▸ **PROVIDED ENTRIES**:
//! What holds of files of postings: theorems for readers. No function here does anything.

ghost use Rattle.std.specs.Prelude.{◌≡◌, ℕ, List};
ghost use Rattle.body_forms.specs.File.{IsOneToOne};
ghost use Rattle.postings_plain.specs.declared.format.Format.{Format};
ghost use Rattle.postings_plain.specs.Postings.{Entry};
ghost use Rattle.postings_plain.specs.Body.{SpellsPostings, IsPostingsFile, IsRowCount};

/// Entries have one spelling in each format, and bytes spell one list of entries in a format.
pub fn one_spelling()
    ensures { (format : Format) → IsOneToOne (SpellsPostings format) }
{}

/// Entries in a format have one file with an id, and bytes are the file of one list of entries in one format.
pub fn one_file()
    ensures { (id : List ℕ) → IsOneToOne (λ bytes post. IsPostingsFile id post bytes) }
{}

/// Entries have one number of rows.
pub fn one_row_count()
    ensures { (es : List Entry) (m n : ℕ) → IsRowCount es m → IsRowCount es n → m ≡ n }
{}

▸ **THE TASK**:
Transcribe the material above in full, keeping every word.

▸ **SOLUTION TO THE EXERCISE**:
//! What holds of files of postings: theorems for readers. No function here does anything.

ghost use Rattle.std.specs.Prelude.{◌≡◌, ℕ, List};
ghost use Rattle.body_forms.specs.File.{IsOneToOne};
ghost use Rattle.postings_plain.specs.declared.format.Format.{Format};
ghost use Rattle.postings_plain.specs.Postings.{Entry};
ghost use Rattle.postings_plain.specs.Body.{SpellsPostings, IsPostingsFile, IsRowCount};

/// Entries have one spelling in each format, and bytes spell one list of entries in a format.
pub fn one_spelling()
    ensures { (format : Format) → IsOneToOne (SpellsPostings format) }
{}

/// Entries in a format have one file with an id, and bytes are the file of one list of entries in one format.
pub fn one_file()
    ensures { (id : List ℕ) → IsOneToOne (λ bytes post. IsPostingsFile id post bytes) }
{}

/// Entries have one number of rows.
pub fn one_row_count()
    ensures { (es : List Entry) (m n : ℕ) → IsRowCount es m → IsRowCount es n → m ≡ n }
{}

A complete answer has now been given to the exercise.